> [TASK TO COMPLETE]:
Please return every line of the records below that contains the word "blame".

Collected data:
- - -

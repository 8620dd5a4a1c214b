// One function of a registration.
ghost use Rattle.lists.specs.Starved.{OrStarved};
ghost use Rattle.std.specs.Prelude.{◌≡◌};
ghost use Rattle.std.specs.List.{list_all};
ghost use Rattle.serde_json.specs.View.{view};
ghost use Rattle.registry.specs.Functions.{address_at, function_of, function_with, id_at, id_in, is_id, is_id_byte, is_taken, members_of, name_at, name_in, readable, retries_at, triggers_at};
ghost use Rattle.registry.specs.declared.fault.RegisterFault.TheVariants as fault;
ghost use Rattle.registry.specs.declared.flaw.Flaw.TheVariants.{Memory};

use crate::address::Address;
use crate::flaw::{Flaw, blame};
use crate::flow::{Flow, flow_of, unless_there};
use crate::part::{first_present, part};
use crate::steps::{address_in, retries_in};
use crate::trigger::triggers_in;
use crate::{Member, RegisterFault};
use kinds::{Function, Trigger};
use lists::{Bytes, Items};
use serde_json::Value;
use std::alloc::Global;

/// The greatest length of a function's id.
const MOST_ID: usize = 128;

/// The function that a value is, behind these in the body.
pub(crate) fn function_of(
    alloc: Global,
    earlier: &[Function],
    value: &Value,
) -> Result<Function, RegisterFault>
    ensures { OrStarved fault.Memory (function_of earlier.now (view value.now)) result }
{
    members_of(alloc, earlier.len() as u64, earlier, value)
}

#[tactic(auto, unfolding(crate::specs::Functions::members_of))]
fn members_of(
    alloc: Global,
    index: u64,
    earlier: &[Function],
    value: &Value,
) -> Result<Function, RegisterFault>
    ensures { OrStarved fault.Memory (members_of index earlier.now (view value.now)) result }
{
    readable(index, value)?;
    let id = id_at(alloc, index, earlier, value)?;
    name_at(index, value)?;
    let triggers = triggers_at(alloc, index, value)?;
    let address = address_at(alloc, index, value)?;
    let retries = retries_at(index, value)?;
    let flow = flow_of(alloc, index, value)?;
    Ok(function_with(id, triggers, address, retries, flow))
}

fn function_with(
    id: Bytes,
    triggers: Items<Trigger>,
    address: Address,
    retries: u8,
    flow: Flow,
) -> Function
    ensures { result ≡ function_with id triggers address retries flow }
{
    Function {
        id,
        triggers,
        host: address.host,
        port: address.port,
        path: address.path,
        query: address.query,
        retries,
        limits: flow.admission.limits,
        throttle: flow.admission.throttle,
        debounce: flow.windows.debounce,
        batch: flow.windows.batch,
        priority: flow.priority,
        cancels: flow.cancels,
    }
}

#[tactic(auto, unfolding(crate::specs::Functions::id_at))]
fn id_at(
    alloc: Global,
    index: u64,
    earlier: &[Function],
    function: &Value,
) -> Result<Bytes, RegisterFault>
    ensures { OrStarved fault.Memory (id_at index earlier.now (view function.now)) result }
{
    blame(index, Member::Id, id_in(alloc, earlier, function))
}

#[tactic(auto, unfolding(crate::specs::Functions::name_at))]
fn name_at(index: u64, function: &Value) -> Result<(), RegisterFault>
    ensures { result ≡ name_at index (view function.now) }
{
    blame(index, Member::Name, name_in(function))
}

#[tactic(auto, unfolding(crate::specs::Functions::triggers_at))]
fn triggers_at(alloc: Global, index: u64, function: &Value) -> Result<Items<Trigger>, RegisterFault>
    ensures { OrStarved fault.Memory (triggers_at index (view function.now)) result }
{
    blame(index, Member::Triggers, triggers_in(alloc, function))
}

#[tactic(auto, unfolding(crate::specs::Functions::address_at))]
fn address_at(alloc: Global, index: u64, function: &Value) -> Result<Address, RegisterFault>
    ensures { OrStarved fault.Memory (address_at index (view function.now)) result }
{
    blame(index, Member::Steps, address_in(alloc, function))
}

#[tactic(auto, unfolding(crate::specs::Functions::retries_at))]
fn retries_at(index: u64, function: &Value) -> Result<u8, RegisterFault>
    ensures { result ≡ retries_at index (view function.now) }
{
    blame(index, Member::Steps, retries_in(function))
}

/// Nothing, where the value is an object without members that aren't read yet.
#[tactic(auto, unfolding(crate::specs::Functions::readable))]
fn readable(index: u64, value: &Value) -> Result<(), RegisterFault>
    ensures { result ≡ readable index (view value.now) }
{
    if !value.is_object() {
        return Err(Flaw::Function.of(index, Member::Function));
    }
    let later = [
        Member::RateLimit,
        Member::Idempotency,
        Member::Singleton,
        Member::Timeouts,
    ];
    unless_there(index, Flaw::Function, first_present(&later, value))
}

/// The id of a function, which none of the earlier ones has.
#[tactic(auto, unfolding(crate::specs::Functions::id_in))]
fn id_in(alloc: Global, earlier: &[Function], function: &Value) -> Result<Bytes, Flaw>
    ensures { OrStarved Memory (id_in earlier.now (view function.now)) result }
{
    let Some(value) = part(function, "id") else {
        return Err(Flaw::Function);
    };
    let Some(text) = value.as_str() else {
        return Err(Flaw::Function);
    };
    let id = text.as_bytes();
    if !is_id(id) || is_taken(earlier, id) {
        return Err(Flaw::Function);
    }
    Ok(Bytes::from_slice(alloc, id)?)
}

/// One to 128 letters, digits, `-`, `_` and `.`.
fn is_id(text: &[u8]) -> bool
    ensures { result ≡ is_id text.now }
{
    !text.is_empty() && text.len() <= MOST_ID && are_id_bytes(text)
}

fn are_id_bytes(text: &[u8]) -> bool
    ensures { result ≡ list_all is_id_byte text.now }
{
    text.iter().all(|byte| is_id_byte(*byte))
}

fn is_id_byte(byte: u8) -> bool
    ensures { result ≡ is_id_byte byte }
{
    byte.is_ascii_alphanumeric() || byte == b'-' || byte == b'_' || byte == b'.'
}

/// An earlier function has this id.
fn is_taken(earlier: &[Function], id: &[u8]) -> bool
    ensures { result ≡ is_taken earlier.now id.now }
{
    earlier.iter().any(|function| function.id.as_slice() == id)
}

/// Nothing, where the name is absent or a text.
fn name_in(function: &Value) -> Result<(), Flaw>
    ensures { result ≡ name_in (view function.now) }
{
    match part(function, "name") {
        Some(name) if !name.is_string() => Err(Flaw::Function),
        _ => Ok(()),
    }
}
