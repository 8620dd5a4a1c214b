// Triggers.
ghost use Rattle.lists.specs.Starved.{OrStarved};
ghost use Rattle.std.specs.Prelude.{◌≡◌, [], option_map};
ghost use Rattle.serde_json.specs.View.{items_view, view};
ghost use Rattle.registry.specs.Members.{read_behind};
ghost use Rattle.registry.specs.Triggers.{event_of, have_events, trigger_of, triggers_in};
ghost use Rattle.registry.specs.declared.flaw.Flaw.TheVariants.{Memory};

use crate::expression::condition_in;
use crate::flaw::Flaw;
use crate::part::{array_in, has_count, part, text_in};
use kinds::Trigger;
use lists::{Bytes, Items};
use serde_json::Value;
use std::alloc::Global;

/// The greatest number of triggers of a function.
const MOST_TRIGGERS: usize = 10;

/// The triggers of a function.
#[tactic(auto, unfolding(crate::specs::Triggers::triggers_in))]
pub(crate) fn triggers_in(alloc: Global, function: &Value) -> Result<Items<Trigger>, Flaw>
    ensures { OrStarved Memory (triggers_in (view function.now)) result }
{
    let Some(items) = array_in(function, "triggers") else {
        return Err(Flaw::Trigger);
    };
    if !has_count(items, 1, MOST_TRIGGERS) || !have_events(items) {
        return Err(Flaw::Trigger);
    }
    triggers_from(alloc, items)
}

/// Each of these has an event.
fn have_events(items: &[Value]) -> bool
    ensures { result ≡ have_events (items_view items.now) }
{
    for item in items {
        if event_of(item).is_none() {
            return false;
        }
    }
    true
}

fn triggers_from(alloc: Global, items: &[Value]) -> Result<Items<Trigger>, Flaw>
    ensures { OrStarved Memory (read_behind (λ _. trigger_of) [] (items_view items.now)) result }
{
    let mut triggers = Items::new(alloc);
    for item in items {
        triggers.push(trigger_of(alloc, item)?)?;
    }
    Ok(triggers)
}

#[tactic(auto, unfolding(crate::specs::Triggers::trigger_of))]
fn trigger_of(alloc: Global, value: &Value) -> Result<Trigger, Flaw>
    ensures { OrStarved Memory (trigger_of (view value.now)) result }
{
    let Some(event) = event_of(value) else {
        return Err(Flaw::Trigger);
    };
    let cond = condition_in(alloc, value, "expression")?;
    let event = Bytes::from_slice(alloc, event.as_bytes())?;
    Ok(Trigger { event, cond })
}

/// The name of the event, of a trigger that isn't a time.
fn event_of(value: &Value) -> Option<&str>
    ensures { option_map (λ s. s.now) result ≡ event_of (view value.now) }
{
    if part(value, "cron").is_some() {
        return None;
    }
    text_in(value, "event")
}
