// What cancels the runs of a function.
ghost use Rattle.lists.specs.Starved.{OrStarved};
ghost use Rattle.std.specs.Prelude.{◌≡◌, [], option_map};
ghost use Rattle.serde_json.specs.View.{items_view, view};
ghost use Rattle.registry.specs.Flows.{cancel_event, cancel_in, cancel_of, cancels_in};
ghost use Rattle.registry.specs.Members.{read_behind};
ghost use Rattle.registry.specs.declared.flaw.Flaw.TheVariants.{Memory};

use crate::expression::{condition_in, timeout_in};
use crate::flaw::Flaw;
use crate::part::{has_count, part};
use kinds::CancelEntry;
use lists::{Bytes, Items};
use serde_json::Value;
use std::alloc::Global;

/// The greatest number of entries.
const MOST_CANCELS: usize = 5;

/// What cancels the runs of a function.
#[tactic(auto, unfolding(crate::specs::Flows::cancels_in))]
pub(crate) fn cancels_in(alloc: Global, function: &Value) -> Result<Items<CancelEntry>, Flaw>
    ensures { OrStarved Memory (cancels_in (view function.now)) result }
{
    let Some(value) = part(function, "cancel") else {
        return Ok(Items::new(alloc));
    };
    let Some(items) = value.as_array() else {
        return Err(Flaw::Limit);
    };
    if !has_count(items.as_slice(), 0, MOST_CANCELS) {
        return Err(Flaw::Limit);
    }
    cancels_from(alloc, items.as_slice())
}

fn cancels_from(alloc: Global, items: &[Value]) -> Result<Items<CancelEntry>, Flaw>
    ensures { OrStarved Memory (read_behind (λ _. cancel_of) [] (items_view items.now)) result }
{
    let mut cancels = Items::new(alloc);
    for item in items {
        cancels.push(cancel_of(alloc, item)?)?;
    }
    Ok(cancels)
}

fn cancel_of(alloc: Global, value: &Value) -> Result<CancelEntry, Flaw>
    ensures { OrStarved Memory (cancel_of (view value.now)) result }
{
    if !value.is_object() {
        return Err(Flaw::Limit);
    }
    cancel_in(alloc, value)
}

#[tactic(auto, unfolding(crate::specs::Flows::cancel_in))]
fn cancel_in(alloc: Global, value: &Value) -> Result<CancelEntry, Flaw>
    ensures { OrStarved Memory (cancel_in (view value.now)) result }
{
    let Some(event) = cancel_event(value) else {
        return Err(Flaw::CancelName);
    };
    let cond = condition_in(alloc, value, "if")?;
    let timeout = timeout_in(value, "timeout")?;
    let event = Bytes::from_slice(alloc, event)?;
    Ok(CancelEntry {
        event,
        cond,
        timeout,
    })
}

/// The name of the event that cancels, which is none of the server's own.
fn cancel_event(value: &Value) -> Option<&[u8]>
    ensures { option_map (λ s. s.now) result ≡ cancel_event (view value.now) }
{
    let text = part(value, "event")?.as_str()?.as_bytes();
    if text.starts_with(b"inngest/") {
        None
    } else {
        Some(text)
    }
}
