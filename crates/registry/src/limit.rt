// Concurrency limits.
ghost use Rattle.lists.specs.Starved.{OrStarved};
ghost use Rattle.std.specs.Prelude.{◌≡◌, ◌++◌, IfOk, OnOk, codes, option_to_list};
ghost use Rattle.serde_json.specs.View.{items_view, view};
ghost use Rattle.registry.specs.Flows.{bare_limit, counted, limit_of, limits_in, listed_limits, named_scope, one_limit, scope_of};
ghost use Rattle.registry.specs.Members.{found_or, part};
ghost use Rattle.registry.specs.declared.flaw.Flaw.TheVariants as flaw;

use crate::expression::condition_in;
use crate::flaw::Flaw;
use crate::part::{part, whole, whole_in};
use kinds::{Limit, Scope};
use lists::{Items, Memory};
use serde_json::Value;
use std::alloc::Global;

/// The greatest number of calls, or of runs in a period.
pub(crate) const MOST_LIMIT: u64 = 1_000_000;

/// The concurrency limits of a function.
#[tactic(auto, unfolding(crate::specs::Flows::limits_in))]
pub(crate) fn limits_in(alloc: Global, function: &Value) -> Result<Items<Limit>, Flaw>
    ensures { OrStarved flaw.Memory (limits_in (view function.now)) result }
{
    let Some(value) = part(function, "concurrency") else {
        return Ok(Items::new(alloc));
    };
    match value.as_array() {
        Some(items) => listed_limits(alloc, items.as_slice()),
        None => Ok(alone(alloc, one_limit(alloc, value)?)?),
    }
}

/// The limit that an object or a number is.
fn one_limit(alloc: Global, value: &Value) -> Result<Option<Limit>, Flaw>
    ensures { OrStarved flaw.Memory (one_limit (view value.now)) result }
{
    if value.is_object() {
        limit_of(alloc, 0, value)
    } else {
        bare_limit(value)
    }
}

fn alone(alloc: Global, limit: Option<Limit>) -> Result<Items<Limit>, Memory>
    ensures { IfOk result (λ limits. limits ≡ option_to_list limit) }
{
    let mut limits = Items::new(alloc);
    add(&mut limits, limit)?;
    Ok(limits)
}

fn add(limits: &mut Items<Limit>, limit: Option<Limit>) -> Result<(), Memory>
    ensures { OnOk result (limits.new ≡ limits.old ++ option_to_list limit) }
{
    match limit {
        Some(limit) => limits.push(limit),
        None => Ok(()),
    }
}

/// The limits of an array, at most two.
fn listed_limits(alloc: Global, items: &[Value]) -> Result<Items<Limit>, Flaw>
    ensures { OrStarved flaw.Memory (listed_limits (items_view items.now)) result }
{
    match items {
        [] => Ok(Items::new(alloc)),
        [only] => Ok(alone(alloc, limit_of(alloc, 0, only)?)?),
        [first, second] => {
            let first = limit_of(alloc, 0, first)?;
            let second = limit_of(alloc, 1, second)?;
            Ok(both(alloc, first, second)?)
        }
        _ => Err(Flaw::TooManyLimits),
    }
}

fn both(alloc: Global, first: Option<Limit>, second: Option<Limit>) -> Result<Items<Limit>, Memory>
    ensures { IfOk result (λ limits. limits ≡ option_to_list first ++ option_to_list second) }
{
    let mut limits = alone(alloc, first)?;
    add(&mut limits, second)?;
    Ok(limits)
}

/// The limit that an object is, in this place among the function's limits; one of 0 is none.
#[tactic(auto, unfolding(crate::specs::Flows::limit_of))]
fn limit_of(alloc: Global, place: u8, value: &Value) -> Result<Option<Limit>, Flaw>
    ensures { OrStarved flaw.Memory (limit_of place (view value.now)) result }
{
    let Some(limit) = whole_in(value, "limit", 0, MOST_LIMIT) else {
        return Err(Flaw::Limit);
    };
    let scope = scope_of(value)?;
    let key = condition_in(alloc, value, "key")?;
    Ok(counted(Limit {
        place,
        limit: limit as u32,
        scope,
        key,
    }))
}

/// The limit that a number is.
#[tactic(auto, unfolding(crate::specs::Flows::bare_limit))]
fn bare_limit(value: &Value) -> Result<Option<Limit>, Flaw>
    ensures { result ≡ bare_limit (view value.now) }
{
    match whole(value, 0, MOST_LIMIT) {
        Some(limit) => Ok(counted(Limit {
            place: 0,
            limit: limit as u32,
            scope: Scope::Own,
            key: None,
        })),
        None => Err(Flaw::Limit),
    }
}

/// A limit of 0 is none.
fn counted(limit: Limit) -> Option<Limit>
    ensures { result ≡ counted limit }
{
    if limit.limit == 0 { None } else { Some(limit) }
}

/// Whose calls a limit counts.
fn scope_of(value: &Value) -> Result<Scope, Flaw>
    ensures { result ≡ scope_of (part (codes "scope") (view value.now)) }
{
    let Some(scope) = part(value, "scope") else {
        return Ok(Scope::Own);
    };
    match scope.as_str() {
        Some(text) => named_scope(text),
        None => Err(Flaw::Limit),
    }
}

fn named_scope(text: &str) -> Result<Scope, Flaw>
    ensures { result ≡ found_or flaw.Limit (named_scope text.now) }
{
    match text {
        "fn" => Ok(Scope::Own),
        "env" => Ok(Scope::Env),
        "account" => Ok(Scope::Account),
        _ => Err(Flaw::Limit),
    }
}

- - -

> [OUTPUT BELOW]:
use crate::flaw::{Flaw, blame};
    blame(index, Member::Id, id_in(alloc, earlier, function))
    blame(index, Member::Name, name_in(function))
    blame(index, Member::Triggers, triggers_in(alloc, function))
    blame(index, Member::Steps, address_in(alloc, function))
    blame(index, Member::Steps, retries_in(function))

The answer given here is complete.